**Exercise directions:** Please write out word for word the opening lines of the material, including the line with "pub fn start(alloc: Global, config: Config, lanes: u8)" as the last.

**Recorded data:**
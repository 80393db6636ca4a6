//! Making the device.

ghost use lib.ListN.{get_elem?};
ghost use mathlib.Core.Option.{some};
ghost use Rattle.block_shard.specs.ruled_cells.specs.Calls.{AreNew, IsNew, opened_with, seats_of};
ghost use Rattle.shared_device.specs.Commanding.{actors_of as all_actors};
ghost use Rattle.shared_device.specs.declared.pass.Pass.{Pass};
ghost use Rattle.shared_device.specs.Passing.{IsNewPass};
ghost use Rattle.std.specs.Prelude.{◌≡◌, ◌+◌, ◌*◌, ◌∷◌, ◌<◌, ◌≤◌, IfOk, length, vec_capacity, vec_len};

use crate::actors::actors_of;
use crate::cells::{ControlCell, ShardCell};
use crate::making::fresh_cells;
use crate::pass::Pass;
use crate::shared::Shared;
use block_shard::ruled_cells::Seat;
use dcd_base::{Actor, NoMemory, Stamp};
use region_config::Config;
use std::alloc::Global;

impl Shared {
    /// A fresh device of this configuration, and its passes: host by host and lane by lane, then that of the Fabric Manager,
    /// then that of the sanitizer. Each host has 1 to 4 lanes.
    pub fn start(alloc: Global, config: Config, lanes: u8) -> Result<(Shared, Vec<Pass>), NoMemory>
        requires lanes { (0 < lanes) × (lanes ≤ 4) }
        ensures config { IfOk result (λ made. made.0.config ≡ config) }
        ensures count { IfOk result (λ made. length made.1.items ≡ config.hosts * lanes + 2) }
        ensures seats { IfOk result (λ made. seats_of made.0.cells ≡ length made.1.items) }
        ensures each { IfOk result (λ made. (k : _) (p : Pass) → get_elem? made.1.items k ≡ some p → IsNewPass made.0 (all_actors config lanes) k p) }
    {
        let actors = actors_of(alloc, &config, lanes)?;
        let (cells, seats) = fresh_cells(alloc, &config, &actors)?;
        let shared = Shared {
            alloc,
            cells,
            config,
        };
        let passes = shared.passes(seats, actors.as_slice())?;
        Ok((shared, passes))
    }

    /// The passes by these seats.
    fn passes(
        &self,
        mut seats: Vec<Seat<ControlCell, ShardCell>>,
        actors: &[Actor],
    ) -> Result<Vec<Pass>, NoMemory>
        requires count { length seats.items ≡ length actors.now }
        requires new { AreNew self.now.cells (record { config = self.now.config; actors = actors.now }) seats.items }
        requires opened { (opened_with self.now.cells).actors ≡ actors.now }
        ensures count { IfOk result (λ passes. length passes.items ≡ length actors.now) }
        ensures each { IfOk result (λ passes. (k : _) (p : Pass) → get_elem? passes.items k ≡ some p → IsNewPass self.now actors.now k p) }
    {
        let mut passes = Vec::with_capacity(self.alloc, seats.len())?;
        while let Some(seat) = seats.pop() {
            append_first(&mut passes, self.pass(seat, actors, seats.len()));
        }
        Ok(passes)
    }

    /// The pass by a seat, which has this number.
    fn pass(&self, seat: Seat<ControlCell, ShardCell>, actors: &[Actor], number: usize) -> Pass
        requires number { number < length actors.now }
        requires new { IsNew self.now.cells (record { config = self.now.config; actors = actors.now }) number seat }
        requires opened { (opened_with self.now.cells).actors ≡ actors.now }
        ensures { IsNewPass self.now actors.now number result }
    {
        Pass {
            seat,
            actor: actors[number],
            seen: Stamp {
                number: 0,
                count: 0,
            },
            calls: 0,
        }
    }
}

/// Puts an item before the others, where there is room.
fn append_first<T: Drop>(items: &mut Vec<T>, item: T)
    requires { vec_len items.old < vec_capacity items.old }
    ensures items { items.new.items ≡ item ∷ items.old.items }
    ensures room { vec_capacity items.new ≡ vec_capacity items.old }
{
    let _ = items.insert(0, item);
}
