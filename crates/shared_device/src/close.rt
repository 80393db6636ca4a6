//! Taking the device apart.

ghost use Rattle.block_shard.specs.journal_core.specs.Merging.{AllRise};
ghost use Rattle.block_shard.specs.ruled_cells.specs.Calls.{seats_of};
ghost use Rattle.shared_device.specs.Closing.{AreAllPasses, IsClosed};
ghost use Rattle.std.specs.Prelude.{◌≡◌, ◌≤◌, [], IfErr, IfOk, length, map, vec_capacity};

use crate::cells::{Commands, ControlCell, ShardCell};
use crate::pass::Pass;
use crate::shared::Shared;
use block_shard::journal_core::Accesses;
use block_shard::ruled_cells::Seat;
use control_core::Control;
use dcd_base::NoMemory;
use std::alloc::Global;

/// How many shards a device has.
const SHARDS: usize = 16;

/// Memory for what is taken apart: the seats of the passes, the cells of the row, and their loads and stores.
struct Spare {
    seats: Vec<Seat<ControlCell, ShardCell>>,
    row: Vec<ShardCell>,
    accesses: Vec<Accesses>,
}

impl Spare {
    /// Memory for so many passes.
    fn new(alloc: Global, passes: usize) -> Result<Spare, NoMemory>
        ensures seats { IfOk result (λ spare. (spare.seats.items ≡ []) × (passes ≤ vec_capacity spare.seats)) }
        ensures row { IfOk result (λ spare. (spare.row.items ≡ []) × (16 ≤ vec_capacity spare.row)) }
        ensures accesses { IfOk result (λ spare. (spare.accesses.items ≡ []) × (16 ≤ vec_capacity spare.accesses)) }
    {
        Ok(Spare {
            seats: Vec::with_capacity(alloc, passes)?,
            row: Vec::with_capacity(alloc, SHARDS)?,
            accesses: Vec::with_capacity(alloc, SHARDS)?,
        })
    }
}

/// The seats of the passes, in their order.
fn seats_in(
    passes: Vec<Pass>,
    mut seats: Vec<Seat<ControlCell, ShardCell>>,
) -> Vec<Seat<ControlCell, ShardCell>>
    requires room { (seats.items ≡ []) × (length passes.items ≤ vec_capacity seats) }
    ensures { result.items ≡ map (λ p. p.seat) passes.items }
{
    for pass in passes {
        let Pass {
            seat,
            actor: _,
            seen: _,
            calls: _,
        } = pass;
        seats.push_reserved(seat);
    }
    seats
}

/// The loads and stores of the shards, in their order.
fn accesses_in(row: Vec<ShardCell>, mut accesses: Vec<Accesses>) -> Vec<Accesses>
    requires room { (accesses.items ≡ []) × (length row.items ≤ vec_capacity accesses) }
    ensures { result.items ≡ map (λ s. s.entries) row.items }
{
    for cell in row {
        let ShardCell { shard } = cell;
        accesses.push_reserved(Box::into_inner(shard).into_entries());
    }
    accesses
}

/// The control out of its cell.
fn control_in(cell: ControlCell) -> Control
    ensures { (result.config ≡ cell.config) × (result.entries ≡ cell.entries) }
{
    let ControlCell { commands } = cell;
    let Commands { control, actors: _ } = Box::into_inner(commands);
    control
}

/// Takes the device apart into the memory for it.
fn take_apart(shared: Shared, passes: Vec<Pass>, spare: Spare) -> (Control, Vec<Accesses>)
    requires all { AreAllPasses shared passes.items }
    requires seats { (spare.seats.items ≡ []) × (length passes.items ≤ vec_capacity spare.seats) }
    requires row { (spare.row.items ≡ []) × (16 ≤ vec_capacity spare.row) }
    requires accesses { (spare.accesses.items ≡ []) × (16 ≤ vec_capacity spare.accesses) }
    ensures config { result.0.config ≡ shared.config }
    ensures shards { length result.1.items ≡ 16 }
    ensures rise { AllRise result.1.items }
    ensures journal { IsClosed shared.config (seats_of shared.cells) passes.items result.0.entries result.1.items }
{
    // The configuration is sound.
    let _hosts = shared.config.hosts();
    let Shared {
        alloc: _,
        cells,
        config: _,
    } = shared;
    let Spare {
        seats,
        row,
        accesses,
    } = spare;
    let (first, row) = cells.close_into(row, seats_in(passes, seats));
    (control_in(first), accesses_in(row, accesses))
}

impl Shared {
    /// Takes the device apart, once all its passes came back: the control, and the loads and stores of each of the 16 shards
    /// by rising stamps. `NoMemory` comes before anything is taken apart, and hands all back. No entry is copied.
    pub fn close(
        self,
        passes: Vec<Pass>,
    ) -> Result<(Control, Vec<Accesses>), (NoMemory, Shared, Vec<Pass>)>
        requires all { AreAllPasses self passes.items }
        ensures config { IfOk result (λ left. left.0.config ≡ self.config) }
        ensures shards { IfOk result (λ left. length left.1.items ≡ 16) }
        ensures rise { IfOk result (λ left. AllRise left.1.items) }
        ensures journal { IfOk result (λ left. IsClosed self.config (seats_of self.cells) passes.items left.0.entries left.1.items) }
        ensures kept { IfErr result (λ back. (back.1 ≡ self) × (back.2.items ≡ passes.items)) }
    {
        let Ok(spare) = Spare::new(self.alloc, passes.len()) else {
            return Err((NoMemory, self, passes));
        };
        Ok(take_apart(self, passes, spare))
    }
}
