//! Who acts by which pass.

ghost use Rattle.dcd_base.specs.declared.steps.Actor.TheVariants.{Host};
ghost use Rattle.shared_device.specs.Commanding.{actors_of as all_actors};
ghost use Rattle.std.specs.Prelude.{◌≡◌, ◌+◌, ◌*◌, ◌++◌, IfOk, OnOk, length, replicate};

use dcd_base::{Actor, HostId, NoMemory, Seq};
use region_config::Config;
use std::alloc::Global;

/// The actor of each pass: host by host and lane by lane, then the Fabric Manager, then the sanitizer.
pub(crate) fn actors_of(alloc: Global, config: &Config, lanes: u8) -> Result<Seq<Actor>, NoMemory>
    ensures value { IfOk result (λ actors. actors ≡ all_actors config.now lanes) }
    ensures count { IfOk result (λ actors. length actors ≡ config.now.hosts * lanes + 2) }
{
    let mut actors = Vec::new(alloc);
    for host in 0..config.hosts() {
        push_lanes(&mut actors, HostId(host), lanes)?;
    }
    actors.push(Actor::Manager)?;
    actors.push(Actor::Sanitizer)?;
    Ok(Seq::from_vec(alloc, actors))
}

/// The host, once for each of its lanes.
fn push_lanes(actors: &mut Vec<Actor>, host: HostId, lanes: u8) -> Result<(), NoMemory>
    ensures { OnOk result (actors.new.items ≡ actors.old.items ++ replicate lanes (Host host)) }
{
    for _ in 0..lanes {
        actors.push(Actor::Host(host))?;
    }
    Ok(())
}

**Solution:**
repository 80393db6636ca4a6
//! Making the device.

ghost use lib.ListN.{get_elem?};
ghost use mathlib.Core.Option.{some};
ghost use Rattle.block_shard.specs.ruled_cells.specs.Calls.{AreNew, IsNew, opened_with, seats_of};
ghost use Rattle.shared_device.specs.Commanding.{actors_of as all_actors};
ghost use Rattle.shared_device.specs.declared.pass.Pass.{Pass};
ghost use Rattle.shared_device.specs.Passing.{IsNewPass};
ghost use Rattle.std.specs.Prelude.{◌≡◌, ◌+◌, ◌*◌, ◌∷◌, ◌<◌, ◌≤◌, IfOk, length, vec_capacity, vec_len};

use crate::actors::actors_of;
use crate::cells::{ControlCell, ShardCell};
use crate::making::fresh_cells;
use crate::pass::Pass;
use crate::shared::Shared;
use block_shard::ruled_cells::Seat;
use dcd_base::{Actor, NoMemory, Stamp};
use region_config::Config;
use std::alloc::Global;

impl Shared {
    /// A fresh device of this configuration, and its passes: host by host and lane by lane, then that of the Fabric Manager,
    /// then that of the sanitizer. Each host has 1 to 4 lanes.
    pub fn start(alloc: Global, config: Config, lanes: u8) -> Result<(Shared, Vec<Pass>), NoMemory>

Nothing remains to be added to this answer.